- Country: Kingdom of Powys; Northern Powys; Southern Powys;
- Founder: Lles Llawddeog (legendary)
- Final ruler: Llywelyn ap Madog
- Final head: Owain Glyndŵr
- Deposition: c. 1416; 610 years ago

= Lleision (dynasty) =

Welsh dynastic family

The dynasty of the Lleision (/cy/, 'descendants of Lles Llawddeog' (Note: Lles Llawddeog is a figure who is otherwise wholly unknown save for his place in the genealogies of this family and references to him as the ancestral patriarch of this dynasty. His byname may mean 'burning hand' or 'ruling hand', but what he ruled over is unknown.)), sometimes known as the House of Powys or House of Mathrafal, was an important Welsh family in the high Middle Ages in Wales. It came to prominence with the brothers Bleddyn and Rhiwallon ap Cynfyn, uterine brothers of the only man to rule over all Wales, Gruffudd ap Llywelyn. The pair were elevated to rule over the northern half of Gruffudd's former kingdom by Harold and Tostig Godwinson, who intervened in Wales after the killing of Gruffudd by Cynan ab Iago in 1063. After some decades of intense internecine violence and struggle with Gruffudd ap Cynan which forced the family out of Gwynedd, the dynasty was reduced to Maredudd ap Bleddyn, who controlled much of the former Kingdom of Powys, which had been absorbed about 900 AD by the sons of Rhodri Mawr.

Maredudd reestablished the Kingdom of Powys, and left it intact to his heir Madog ap Maredudd, in whose reign the dynasty saw its apogee.

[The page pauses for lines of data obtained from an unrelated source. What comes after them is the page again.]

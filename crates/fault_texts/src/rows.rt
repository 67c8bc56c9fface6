use crate::shape::{Need, Row, Shape};

/// The words of `serves`.
const PROTOCOLS: &[&str] = &["coe", "foe", "eoe", "soe"];

/// The keys of the top, in the order in which they are read.
pub(crate) const TOP: &[Row] = &[
    Row {
        key: "version",
        need: Need::Always,
        shape: Shape::Number { low: 1, high: 2 },
        wanted: "1 or 2",
        why: "the version says which keys the file may have; 2 has `pace`",
    },
    Row {
        key: "retry",
        need: Need::Always,
        shape: Shape::Number { low: 0, high: 15 },
        wanted: "a number from 0 to 15",
        why: "so many lost frames in a row a slave outlives",
    },
    Row {
        key: "recover",
        need: Need::Optional,
        shape: Shape::Number { low: 0, high: 15 },
        wanted: "a number from 0 to 15",
        why: "so often a slave that was given up is taken up again",
    },
    Row {
        key: "budget",
        need: Need::Optional,
        shape: Shape::Number {
            low: 1,
            high: 100_000_000,
        },
        wanted: "a number from 1 to 100000000",
        why: "so many frames are sent at most",
    },
    Row {
        key: "lose",
        need: Need::Optional,
        shape: Shape::Losses,
        wanted: "a list of at most 4096 pairs [frame, after] of numbers from 0 to 4294967295",
        why: "the frame of that number, from 0, is lost behind so many slaves",
    },
    Row {
        key: "slave",
        need: Need::Always,
        shape: Shape::Tables { most: 16 },
        wanted: "1 to 16 tables [[slave]]",
        why: "the slaves of the segment in ring order",
    },
    Row {
        key: "service",
        need: Need::Optional,
        shape: Shape::Tables { most: 4096 },
        wanted: "at most 4096 tables [[service]]",
        why: "what the master asks, slave by slave in the order of the file",
    },
    Row {
        key: "host",
        need: Need::Optional,
        shape: Shape::Tables { most: 4096 },
        wanted: "at most 4096 tables [[host]]",
        why: "",
    },
];

/// The keys of a slave.
pub(crate) const SLAVE: &[Row] = &[
    Row {
        key: "name",
        need: Need::Always,
        shape: Shape::Name,
        wanted: "a text of 1 to 32 characters, none of them a space or beyond ASCII",
        why: "services name their slave by it",
    },
    Row {
        key: "station",
        need: Need::Always,
        shape: Shape::Number {
            low: 1,
            high: 0xFFFF,
        },
        wanted: "a number from 1 to 65535",
        why: "the slave's address on the segment",
    },
    Row {
        key: "pace",
        need: Need::Optional,
        shape: Shape::Number { low: 1, high: 16 },
        wanted: "a number from 1 to 16",
        why: "the slave's processor makes a step behind every so many frames",
    },
    Row {
        key: "mail",
        need: Need::Always,
        shape: Shape::Pair {
            low: 64,
            high: 1486,
        },
        wanted: "two numbers [out, in], each from 64 to 1486",
        why: "the lengths of the two mailboxes: to the slave, from the slave",
    },
    Row {
        key: "serves",
        need: Need::Always,
        shape: Shape::Words(PROTOCOLS),
        wanted: "a list of \"coe\", \"foe\", \"eoe\", \"soe\", each at most once",
        why: "the protocols that the slave's mailboxes have",
    },
    Row {
        key: "boot",
        need: Need::Optional,
        shape: Shape::Truth,
        wanted: "true or false",
        why: "whether the slave has the state Bootstrap",
    },
    Row {
        key: "start",
        need: Need::Optional,
        shape: Shape::Word(&["preop", "boot"]),
        wanted: "\"preop\", or with boot = true also \"boot\"",
        why: "the state in which the slave is brought up",
    },
    Row {
        key: "blocks",
        need: Need::Optional,
        shape: Shape::Number { low: 1, high: 1024 },
        wanted: "a number from 1 to 1024",
        why: "the blocks of 128 octets that the slave's files share",
    },
    Row {
        key: "mac",
        need: Need::OfEoe,
        shape: Shape::Octets { least: 6, most: 6 },
        wanted: "12 hexadecimal digits, the first octet even",
        why: "the address of a slave with eoe; a slave without eoe has none",
    },
    Row {
        key: "fixed_ip",
        need: Need::Optional,
        shape: Shape::Truth,
        wanted: "true or false",
        why: "whether the slave's IP address can't be set",
    },
    Row {
        key: "object",
        need: Need::Optional,
        shape: Shape::Tables { most: 256 },
        wanted: "at most 256 tables [[slave.object]]",
        why: "",
    },
    Row {
        key: "file",
        need: Need::Optional,
        shape: Shape::Tables { most: 32 },
        wanted: "at most 32 tables [[slave.file]]",
        why: "",
    },
    Row {
        key: "idn",
        need: Need::Optional,
        shape: Shape::Tables { most: 256 },
        wanted: "at most 256 tables [[slave.idn]]",
        why: "",
    },
];

/// The keys of an object.
pub(crate) const OBJECT: &[Row] = &[
    Row {
        key: "index",
        need: Need::Always,
        shape: Shape::Number {
            low: 1,
            high: 0xFFFF,
        },
        wanted: "a number from 1 to 65535, above that of the object before, and not 0x2F00 or 0x2F01",
        why: "objects stand in the order of their indexes; 0x2F00 and 0x2F01 are the slave's own",
    },
    Row {
        key: "kind",
        need: Need::Always,
        shape: Shape::Word(&["variable", "array", "record"]),
        wanted: "\"variable\", \"array\" or \"record\"",
        why: "a variable has one entry, at subindex 0; arrays and records have them from 1",
    },
    Row {
        key: "name",
        need: Need::Optional,
        shape: Shape::Label,
        wanted: "a text of at most 40 ASCII characters",
        why: "it is read by the service object",
    },
    Row {
        key: "entry",
        need: Need::Always,
        shape: Shape::Tables { most: 254 },
        wanted: "1 to 254 tables [[slave.object.entry]], one for a variable, of 16000 octets together at most",
        why: "",
    },
];

/// The keys of an entry.
pub(crate) const ENTRY: &[Row] = &[
    Row {
        key: "type",
        need: Need::Always,
        shape: Shape::Number {
            low: 0,
            high: 0xFFFF,
        },
        wanted: "1 BOOLEAN, 2 INTEGER8, 3 INTEGER16, 4 INTEGER32, 5 UNSIGNED8, 6 UNSIGNED16, 7 UNSIGNED32, 9 VISIBLE_STRING, 10 OCTET_STRING, 21 INTEGER64 or 27 UNSIGNED64",
        why: "the data type by its number; all entries of an array have one",
    },
    Row {
        key: "access",
        need: Need::Always,
        shape: Shape::Number { low: 0, high: 1023 },
        wanted: "a number from 0 to 1023",
        why: "the sum of 1, 2, 4 to read in PreOp, SafeOp, Op and 8, 16, 32 to write there: 63 is all, 7 is to read",
    },
    Row {
        key: "size",
        need: Need::OfTexts,
        shape: Shape::Sizes { most: 8000 },
        wanted: "two numbers [least, most] from 1 to 8000, the first not above the second",
        why: "texts and octets (types 9 and 10) have it, numbers don't: their size is their type's",
    },
    Row {
        key: "min",
        need: Need::Optional,
        shape: Shape::Bound,
        wanted: "a whole number, not above max",
        why: "the least value; types 9 and 10 have none",
    },
    Row {
        key: "max",
        need: Need::Optional,
        shape: Shape::Bound,
        wanted: "a whole number, not below min",
        why: "the greatest value; types 9 and 10 have none",
    },
    Row {
        key: "name",
        need: Need::Optional,
        shape: Shape::Label,
        wanted: "a text of at most 40 ASCII characters",
        why: "it is read by the service entry",
    },
    Row {
        key: "value",
        need: Need::Always,
        shape: Shape::Octets {
            least: 0,
            most: 8000,
        },
        wanted: "hexadecimal digits, as many octets as the type or size says, within min and max",
        why: "the value at first, the lowest octet ahead",
    },
];

/// The keys of a file.
pub(crate) const FILE: &[Row] = &[
    Row {
        key: "name",
        need: Need::Always,
        shape: Shape::Name,
        wanted: "a text of 1 to 32 characters, none of them a space or beyond ASCII; once per slave",
        why: "services name the file by it",
    },
    Row {
        key: "password",
        need: Need::Optional,
        shape: Shape::Number {
            low: 0,
            high: 0xFFFF_FFFF,
        },
        wanted: "a number from 0 to 4294967295",
        why: "a service must bring the same",
    },
    Row {
        key: "rights",
        need: Need::Always,
        shape: Shape::Word(&["r", "w", "rw"]),
        wanted: "\"r\", \"w\" or \"rw\"",
        why: "whether the file can be read and written",
    },
    Row {
        key: "boot",
        need: Need::Optional,
        shape: Shape::Truth,
        wanted: "true or false",
        why: "whether the file is reached in Bootstrap alone",
    },
    Row {
        key: "busy",
        need: Need::Optional,
        shape: Shape::Number { low: 0, high: 15 },
        wanted: "a number from 0 to 15",
        why: "so often the last packet of a write is answered by busy",
    },
    Row {
        key: "value",
        need: Need::Always,
        shape: Shape::Octets {
            least: 0,
            most: 131_072,
        },
        wanted: "hexadecimal digits of at most 131072 octets; all files fit the slave's blocks",
        why: "",
    },
];

/// The keys of an IDN.
pub(crate) const IDN: &[Row] = &[
    Row {
        key: "number",
        need: Need::Always,
        shape: Shape::Number {
            low: 0,
            high: 0xFFFF,
        },
        wanted: "a number from 0 to 65535",
        why: "each pair of drive and number once",
    },
    Row {
        key: "drive",
        need: Need::Always,
        shape: Shape::Number { low: 0, high: 7 },
        wanted: "a number from 0 to 7",
        why: "",
    },
    Row {
        key: "attribute",
        need: Need::Optional,
        shape: Shape::Number {
            low: 0,
            high: 0xFFFF_FFFF,
        },
        wanted: "a number from 0 to 4294967295",
        why: "it is read by elements = 4",
    },
    Row {
        key: "label",
        need: Need::Optional,
        shape: Shape::Label,
        wanted: "a text of at most 40 ASCII characters",
        why: "the name, read by elements = 2",
    },
    Row {
        key: "unit",
        need: Need::Optional,
        shape: Shape::Label,
        wanted: "a text of at most 40 ASCII characters",
        why: "read by elements = 8",
    },
    Row {
        key: "size",
        need: Need::Always,
        shape: Shape::Sizes { most: 4096 },
        wanted: "two numbers [least, most] from 1 to 4096, the first not above the second",
        why: "the octets of the value",
    },
    Row {
        key: "min",
        need: Need::Optional,
        shape: Shape::Bound,
        wanted: "a number from 0, not above max, of as many octets as the value",
        why: "only where both sizes are one number up to 8",
    },
    Row {
        key: "max",
        need: Need::Optional,
        shape: Shape::Bound,
        wanted: "a number from 0, not below min, of as many octets as the value",
        why: "only where both sizes are one number up to 8",
    },
    Row {
        key: "writable",
        need: Need::Optional,
        shape: Shape::Truth,
        wanted: "true or false",
        why: "whether the value can be written",
    },
    Row {
        key: "value",
        need: Need::Always,
        shape: Shape::Octets {
            least: 0,
            most: 4096,
        },
        wanted: "hexadecimal digits, as many octets as size says, within min and max",
        why: "the value at first, the lowest octet ahead",
    },
];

Madog was an astute politician, and balanced internal politics with an accommodating position towards the Empress Matilda's camp in the Anarchy and subsequently enjoyed a close relationship with Henry II of England. He was also a great patron of the arts and the Church. However, following Madog's death in 1160, his son and heir Llywelyn was killed, and the dynasty and kingdom of Powys disintegrated owing to renewed internecine violence. Despite Powys' fracturing, various members of the family such as Owain Cyfeiliog and Gwenwynwyn ab Owain were major political figures in Welsh politics until the rise of Llywelyn ab Iorwerth in 1215. However, this dynasty was the only family of royal descent in Wales to survive the Edwardian conquest of Wales largely intact, and one branch of it saw its holdings in southern Powys transformed into the Marcher lordship of Powys. However, royal intervention on the part of Edward II saw the lordship transferred to an Englishman, as Edward married the heiress of this dynasty under English law, Hawys Gadarn, to his supporter John Charlton, 1st Baron Charlton. Other branches of the family survived the Conquest, most notably that of northern Powys. This branch would ultimately produce Owain Glyndŵr, the famed rebel and last native Welshman to claim the title of Prince of Wales by virtue of his descent from this dynasty and the dynasty of Deheubarth.

==History==
The Lleision were effectively set up in Wales in the wake of the Anglo-Saxon King, Harold Godwinson, and his brother, Tostig Godwinson, Earl of Northumbria, and their disastrous raids of 1062–1063 against the King of Wales, Gruffydd ap Llywelyn. They installed his half-brother Bleddyn ap Cynfyn as King over Gwynedd.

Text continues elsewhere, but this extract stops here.